Comments/Ratings for a Single Item
![An unknown type!](/index/script.gif)
I made a couple significant changes to the code I posted here earlier. One is a bug fix. The uasort on $players should be a usort. A uasort leaves array keys intact, but my subsequent use of the array assumed that array keys had been changed. The other change is to the generation of the second two sets of ratings. Between the second and third sets, I changed the order of the $players array, essentially twisting it inside out in a spiral, so that the order is very different. I then calculated the last two sets of ratings in the otherwise same zig-zagging and reverse zig-zagging order of the first two sets. Here's the code I used to change the order: $neworder = array(); $midpoint = (int)floor($pc/2); for ($i = 0; $i < $pc; $i++) { $neworder[$i] = ($i & 1) ? $players[$midpoint - (int)ceil($i/2)] : $players[$midpoint + $i/2]; } $players = $neworder; I may change this in the future. I am thinking of evaluating all pairs in a single order, based on which pairs have played the most games together. This would start with the pairs that are most likely to give reliable ratings and move on to pairs less likely to give reliable ratings. This would help make the ratings of the latter more reliable when it finally got to them, and it is probably the best order overall for reliable ratings.
Roberto,
You were right about it not accounting for draws. Although it was supposed to, it was checking for the wrong string. So it was missing all the draws. This has now been fixed.
Roberto writes:
One point of serious discussion is whether a rated player must lose rating when defeated by a less rated player, and if the response is accepted to be YES, how much must be the loss?
I'm not sure this question makes sense within the context of how GCR works.
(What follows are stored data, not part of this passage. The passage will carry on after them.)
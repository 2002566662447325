// The message of each refusal.
#![tactic(auto, unfolding(refusals::specs::Refusal::refusal_of, rules::specs::Text::render))]

ghost use Rattle.rules.specs.Text.{render};
ghost use Rattle.refusals.specs.Refusal.{refusal_of};
ghost use Rattle.refusals.specs.Numbers.{From};
ghost use Rattle.writing.specs.Writing.{Adds};

use crate::between::{say_method, say_name};
use crate::compound::{
    add_arity, add_compared, add_emit_field, add_holds, add_inner, add_keyed_op, add_overflow,
    add_slot, add_too_large, add_unknown,
};
use crate::wording::{
    ADDRESS, AMOUNT, ARITHMETIC, ASSET_SLOT, DEFAULT, DIGEST, DROPPED, GUARDIAN, KEY_KINDS, LOCAL,
    LOGICAL, NAME_INTO_ADDRESS, NAME_NOT_PARAM, NAME_STORED, NAME_WANTED, NAMES_COMPARED, NARROW,
    NO_ARGUMENTS, ONLY_TYPES, ORDERING, PREDICATE, REACHED, REACHES_EVENT, REACHES_FIELD,
    REACHES_VALUES, RECEIVER, RECIPIENT, WRAPPING_INTO_NARROW,
};
use refusals::Refusal;
use sheet::LoadedSheet;
use writing::{Message, type_name_of};

// Adds the message of a refusal. Here and below the sheet and the message stand side by side: a `Message` that held the sheet was tried, and then
// who writes a number or a literal alone owes a loaded sheet, and each promise is longer, as it names the sheet of the message before.
pub fn add_message(sheet: &LoadedSheet<'_>, message: &mut Message<'_>, r: Refusal)
    ensures { Adds (render (refusal_of sheet.now.bytes.now r).text) message.old message.new }
{
    match r {
        Refusal::NameStored(_) => message.add(&NAME_STORED),
        Refusal::Arity(ty) => add_arity(sheet, message, ty),
        Refusal::OnlyTypes(ty) => say_name(sheet, message, b"a ", ty, &ONLY_TYPES),
        Refusal::InnerType { ty, inner, is_key } => add_inner(sheet, message, ty, inner, is_key),
        Refusal::UnknownType(ty) => add_unknown(sheet, message, ty),
        Refusal::NoArguments(ty) => say_name(sheet, message, b"`", ty, &NO_ARGUMENTS),
        Refusal::Digest(named) => say_name(sheet, message, b"`", named, &DIGEST),
        Refusal::Default { field, .. } => message.say(
            b"a ",
            type_name_of(sheet.bytes, sheet.lines, field),
            &DEFAULT,
        ),
        Refusal::Guardian(_) => message.add(&GUARDIAN),
        _ => add_from_21(sheet, message, r),
    }
}

// The same from 21 on. In parts, since a function has 40 lines at most; the last arm of all can't come (`From`).
fn add_from_21(sheet: &LoadedSheet<'_>, message: &mut Message<'_>, r: Refusal)
    requires from { From 21 r }
    ensures { Adds (render (refusal_of sheet.now.bytes.now r).text) message.old message.new }
{
    match r {
        Refusal::Predicate(_) => message.add(&PREDICATE),
        Refusal::ReachesField { target, .. } => say_name(
            sheet,
            message,
            &REACHES_FIELD,
            target,
            &REACHED,
        ),
        Refusal::ReachesValues { map, .. } => say_name(
            sheet,
            message,
            &REACHES_VALUES,
            map,
            &REACHED,
        ),
        Refusal::ReachesEvent { emit, .. } => say_name(
            sheet,
            message,
            &REACHES_EVENT,
            emit,
            &REACHED,
        ),
        Refusal::CollectionLocal(_) => message.add(&LOCAL),
        Refusal::AssetSlot(_) => message.add(&ASSET_SLOT),
        _ => add_from_25(sheet, message, r),
    }
}

// The same from 25 on.
fn add_from_25(sheet: &LoadedSheet<'_>, message: &mut Message<'_>, r: Refusal)
    requires from { From 25 r }
    ensures { Adds (render (refusal_of sheet.now.bytes.now r).text) message.old message.new }
{
    match r {
        Refusal::NameIntoAddress { target, .. } => say_name(
            sheet,
            message,
            &NAME_INTO_ADDRESS,
            target,
            &ADDRESS,
        ),
        Refusal::WrappingIntoNarrow { target, .. } => say_name(
            sheet,
            message,
            &WRAPPING_INTO_NARROW,
            target,
            &NARROW,
        ),
        Refusal::LiteralIntoNarrow { target, value, max } => add_too_large(
            sheet, message, target, value, max,
        ),
        Refusal::SlotMismatch { slot, given, .. } => add_slot(message, slot, given),
        Refusal::Recipient(_) => message.add(&RECIPIENT),
        _ => add_from_30(sheet, message, r),
    }
}

// The same from 30 on.
fn add_from_30(sheet: &LoadedSheet<'_>, message: &mut Message<'_>, r: Refusal)
    requires from { From 30 r }
    ensures { Adds (render (refusal_of sheet.now.bytes.now r).text) message.old message.new }
{
    match r {
        Refusal::Receiver(callee) => say_method(sheet, message, callee, &RECEIVER),
        Refusal::KeyedOp { callee, field } => add_keyed_op(sheet, message, callee, field),
        Refusal::Amount { callee, .. } => say_method(sheet, message, callee, &AMOUNT),
        Refusal::NameNotParam { field, .. } => say_name(
            sheet,
            message,
            b"`",
            field,
            &NAME_NOT_PARAM,
        ),
        Refusal::NameWanted { field, .. } => say_name(sheet, message, b"`", field, &NAME_WANTED),
        Refusal::Holds {
            field,
            want,
            got,
            ..
        } => add_holds(sheet, message, field, want, got),
        _ => add_from_36(sheet, message, r),
    }
}

// The same from 36 on.
fn add_from_36(sheet: &LoadedSheet<'_>, message: &mut Message<'_>, r: Refusal)
    requires from { From 36 r }
    ensures { Adds (render (refusal_of sheet.now.bytes.now r).text) message.old message.new }
{
    match r {
        Refusal::Not(_) => message.add(b"`!` needs a boolean"),
        Refusal::Neg(_) => message.add(b"`-` needs a number"),
        Refusal::Logical(_) => message.add(&LOGICAL),
        Refusal::Arithmetic(_) => message.add(&ARITHMETIC),
        Refusal::Ordering(_) => message.add(&ORDERING),
        Refusal::NamesCompared(_) => message.add(&NAMES_COMPARED),
        Refusal::Compared { l, r, .. } => add_compared(message, l, r),
        Refusal::EmitField { param, got, .. } => add_emit_field(sheet, message, param, got),
        Refusal::Dropped(_) => message.add(&DROPPED),
        Refusal::Overflow(assign) => add_overflow(sheet, message, assign),
        Refusal::KeyKinds { map, .. } => say_name(sheet, message, b"`", map, &KEY_KINDS),
        _ => {}
    }
}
When GCR compares two opponents, it uses the total of their scores in a single comparison, and it does not compare them on a game-by-game basis. But let's suppose two players play only one game together, and the higher rated player loses to the lower rated player. In that case, the higher rated player will lose points. The loss of points is determined by the difference between their ratings, by the stability of the higher rated player's rating, and by the reliability of the score, which for only one game is its lowest at 25.
I think only recognized variants or variants which have made it into one or two Game Courier Tournaments should be considered for an overall rating anyway. (A game may need some fixing in the rules or in their writing. There have been recent ambiguities about Rococo or Switching Chess. More annoyingly, my own ill-considered Pocket Polypiece Chess setup gave me the opening advantage of one Pawn against George Duke.)
I'm not going to restrict which Chess variants can be rated. I will let players decide which games they want rated, and I will allow this script to work with any game. On the matter of multivariant ratings, which is what I think Antoine may mean by overall ratings, this script comes with various filters. None will distinguish recognized variants from others, but they do offer the option of looking at ratings for games played in specific tournaments. If you want to look at games played in any tournament, change the Tournament Filter to ?*. This will filter out null strings.
In regard to the 'bell-curved scale of probabilities,' I think we should be seeing the bell-curve as a distribution of the number of players (y-axis) with respect to playing strength (x-axis). Thus giving us the bell. But perhaps we are refering to 2 different curves here. In regard to probability, I read that a 200 point rating difference implies that the higher rated player should be winning 3 out of 4 games between the 2. I can look up the source later. I again mention the following website as it offers a relatively simple method of rating calculation. I still believe that it may be of great value in the CV Ratings project. The site includes example calculations. http://www.chess-express.com/explain.htm
I'm sure we are referring to two different bell curves. The Elo method specifically tries to measure probabilities, and the probabilities fall along a bell curve. The following page lists the probabilities associated with various differences of Elo points: http://www.ascotti.org/programming/chess/elo.htm The two axes are (1) the difference between two Elo ratings and (2) the probability that one player will defeat the other in a game. In contrast, the GCR method correlates (1) the difference between GCR ratings with (2) an expected total score on the games played between two players. This relation is linear.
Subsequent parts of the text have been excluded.